2: Assume that _kC[/sub]r[/sub] is an integer for some k and all r between 0 and k (the "Induction Hypothesis") and use the property mentioned, _k+1C_r= _kC_r+ _kC[/subr[/sub] to show that _k+1Cp_r is an integer.

Notice the difference between the "induction hypothesis" and what we are trying to prove: We are trying to prove that _nC_r is an integer for all positive integers n. The "induction hypothesis" is that _kC_r for some positive integer k. That's why I prefer to use "k" rather than n again but it really doesn't matter.

 

[D H]

But you're trying to prove that any nCr will be an integer by induction. If you haven't proven it yet, then how can you say that nC(r-1) will be an integer?

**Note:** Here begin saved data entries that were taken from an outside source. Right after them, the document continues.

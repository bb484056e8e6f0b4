//! Lists of the parts of declarations and modules.

ghost use Rattle.std.specs.Prelude.{◌≡◌, ◌++◌, OnOk};
ghost use Rattle.std.specs.List.{flat_map};
ghost use Rattle.wesl_visit_children.specs.Parts.{in_alias, in_declaration_node, in_directive, in_function, in_import, in_member, in_member_node, in_parameter, in_struct, in_typed, parts_in_declaration, parts_in_unit};
ghost use Rattle.wesl_visit_children.specs.Listed.{parts};

use crate::find::{find_attributes, find_optional_type, find_type};
use crate::find_statements::{find_block, find_const_assert, find_declared};
use crate::part::PartRef;
use std::alloc::AllocError;
use wgsl_declarations::{
    FormalParameter, Function, GlobalDeclaration, GlobalDeclarationNode, GlobalDirective,
    ImportStatement, Struct, StructMember, StructMemberNode, TranslationUnit, TypeAlias,
};
use wgsl_expressions::{AttributeNode, TypeExpression};

/// Lists the parts of attributes and in the type behind them.
fn find_typed<'a>(
    attributes: &'a [AttributeNode],
    ty: &'a TypeExpression,
    found: &mut Vec<PartRef<'a>>,
) -> Result<(), AllocError>
    ensures { OnOk result (parts found.new.items ≡ parts found.old.items ++ (in_typed attributes.now ty.now)) }
{
    find_attributes(attributes, found)?;
    find_type(ty, found)
}

/// Lists the parts of `alias`.
fn find_alias<'a>(x: &'a TypeAlias, found: &mut Vec<PartRef<'a>>) -> Result<(), AllocError>
    ensures { OnOk result (parts found.new.items ≡ parts found.old.items ++ (in_alias x.now)) }
{
    find_typed(&x.attributes.as_slice(), &x.ty, found)
}

/// Lists the parts of a member.
fn find_member<'a>(x: &'a StructMember, found: &mut Vec<PartRef<'a>>) -> Result<(), AllocError>
    ensures { OnOk result (parts found.new.items ≡ parts found.old.items ++ (in_member x.now)) }
{
    find_typed(&x.attributes.as_slice(), &x.ty, found)
}

/// Lists the parts of members, one by one.
fn find_members<'a>(
    members: &'a [StructMemberNode],
    found: &mut Vec<PartRef<'a>>,
) -> Result<(), AllocError>
    ensures { OnOk result (parts found.new.items ≡ parts found.old.items ++ (flat_map in_member_node members.now)) }
{
    for member in members {
        find_member(member.node(), found)?;
    }
    Ok(())
}

/// Lists the parts of a structure.
fn find_struct<'a>(x: &'a Struct, found: &mut Vec<PartRef<'a>>) -> Result<(), AllocError>
    ensures { OnOk result (parts found.new.items ≡ parts found.old.items ++ (in_struct x.now)) }
{
    find_attributes(&x.attributes.as_slice(), found)?;
    find_members(&x.members.as_slice(), found)
}

/// Lists the parts of a parameter.
fn find_parameter<'a>(
    x: &'a FormalParameter,
    found: &mut Vec<PartRef<'a>>,
) -> Result<(), AllocError>
    ensures { OnOk result (parts found.new.items ≡ parts found.old.items ++ (in_parameter x.now)) }
{
    find_typed(&x.attributes.as_slice(), &x.ty, found)
}

/// Lists the parts of parameters, one by one.
fn find_parameters<'a>(
    parameters: &'a [FormalParameter],
    found: &mut Vec<PartRef<'a>>,
) -> Result<(), AllocError>
    ensures { OnOk result (parts found.new.items ≡ parts found.old.items ++ (flat_map in_parameter parameters.now)) }
{
    for parameter in parameters {
        find_parameter(parameter, found)?;
    }
    Ok(())
}

/// Lists the parts of a function.
fn find_function<'a>(x: &'a Function, found: &mut Vec<PartRef<'a>>) -> Result<(), AllocError>
    ensures { OnOk result (parts found.new.items ≡ parts found.old.items ++ (in_function x.now)) }
{
    find_attributes(&x.attributes.as_slice(), found)?;
    find_parameters(&x.parameters.as_slice(), found)?;
    find_attributes(&x.return_attributes.as_slice(), found)?;
    find_optional_type(&x.return_type, found)?;
    find_block(&x.body, found)
}

/// Lists the parts of a declaration.
pub fn find_declaration<'a>(
    declaration: &'a GlobalDeclaration,
    found: &mut Vec<PartRef<'a>>,
) -> Result<(), AllocError>
    ensures { OnOk result (parts found.new.items ≡ parts found.old.items ++ (parts_in_declaration declaration.now)) }
{
    match declaration {
        GlobalDeclaration::Void => Ok(()),
        GlobalDeclaration::Declaration(x) => find_declared(x, found),
        GlobalDeclaration::TypeAlias(x) => find_alias(x, found),
        GlobalDeclaration::Struct(x) => find_struct(x, found),
        GlobalDeclaration::Function(x) => find_function(x, found),
        GlobalDeclaration::ConstAssert(x) => find_const_assert(x, found),
    }
}

/// Lists the parts of declarations, one by one.
fn find_declarations<'a>(
    declarations: &'a [GlobalDeclarationNode],
    found: &mut Vec<PartRef<'a>>,
) -> Result<(), AllocError>
    ensures { OnOk result (parts found.new.items ≡ parts found.old.items ++ (flat_map in_declaration_node declarations.now)) }
{
    for declaration in declarations {
        find_declaration(declaration.node(), found)?;
    }
    Ok(())
}

/// Lists the parts of the attributes of an import.
fn find_import<'a>(x: &'a ImportStatement, found: &mut Vec<PartRef<'a>>) -> Result<(), AllocError>
    ensures { OnOk result (parts found.new.items ≡ parts found.old.items ++ (in_import x.now)) }
{
    find_attributes(&x.attributes.as_slice(), found)
}

/// Lists the parts of imports, one by one.
fn find_imports<'a>(
    imports: &'a [ImportStatement],
    found: &mut Vec<PartRef<'a>>,
) -> Result<(), AllocError>
    ensures { OnOk result (parts found.new.items ≡ parts found.old.items ++ (flat_map in_import imports.now)) }
{
    for import in imports {
        find_import(import, found)?;
    }
    Ok(())
}

/// Lists the parts of the attributes of a directive.
fn find_directive<'a>(
    directive: &'a GlobalDirective,
    found: &mut Vec<PartRef<'a>>,
) -> Result<(), AllocError>
    ensures { OnOk result (parts found.new.items ≡ parts found.old.items ++ (in_directive directive.now)) }
{
    match directive {
        GlobalDirective::Diagnostic(x) => find_attributes(&x.attributes.as_slice(), found),
        GlobalDirective::Enable(x) => find_attributes(&x.attributes.as_slice(), found),
        GlobalDirective::Requires(x) => find_attributes(&x.attributes.as_slice(), found),
    }
}

/// Lists the parts of directives, one by one.
fn find_directives<'a>(
    directives: &'a [GlobalDirective],
    found: &mut Vec<PartRef<'a>>,
) -> Result<(), AllocError>
    ensures { OnOk result (parts found.new.items ≡ parts found.old.items ++ (flat_map in_directive directives.now)) }
{
    for directive in directives {
        find_directive(directive, found)?;
    }
    Ok(())
}

/// Lists the parts of a module.
pub fn find_unit<'a>(
    unit: &'a TranslationUnit,
    found: &mut Vec<PartRef<'a>>,
) -> Result<(), AllocError>
    ensures { OnOk result (parts found.new.items ≡ parts found.old.items ++ (parts_in_unit unit.now)) }
{
    find_imports(&unit.imports.as_slice(), found)?;
    find_directives(&unit.global_directives.as_slice(), found)?;
    find_declarations(&unit.global_declarations.as_slice(), found)
}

You are trying to prove {n+1}Cr is an integer by induction, not nCr.

Definitions:

• 0C0 = 1
• 0Cr = 0 for all real, non-zero r
• {n+1}Cr = nCr + nC{r-1}

Base case: 0Cr is an integer for all real r.
Proof: 0Cr is either zero or one by definition, both of which are integers.

Inductive step: If nCr is an integer for all real r, {n+1}Cr is an integer.
Proof: Assume nCr is an integer for all real r (that's how induction works). Using that {n+1}Cr = nCr + nC{r-1} by definition, {n+1}Cr is an integer for all real r since the sum of two integers is an integer and since nCr and nC{r-1} are both integers by assumption.

Therefore, nCr is an integer for all non-negative integers n by induction.

 

[app_oos]

since nCr and nC{r-1} are both integers by assumption.

This is the only part I don't get. I know nCr was assumed to be an integer (induction hypothesis) but where was nC(r-1) assumed to be an integer? Is this some sort of axiom, that if nCr is an integer, then nC(r-1) is one too? I understand the other parts of the proof and I know what induction is, by the way.

 

[D H]

This is the only part I don't get. I know nCr was assumed to be an integer (induction hypothesis) but where was nC(r-1) assumed to be an integer?

If nCr is an integer for all real r, then so is nC{r-1} because r-1 is a real.

 

[HallsofIvy]

Well, for all positive integers r. nCr is only defined for n and r positive integers.

 

[D H]

Well, for all positive integers r. nCr is only defined for n and r positive integers.

The point of this thread is to extend to the concept nCr to real r. The constraint that n be a non-negative integer, true.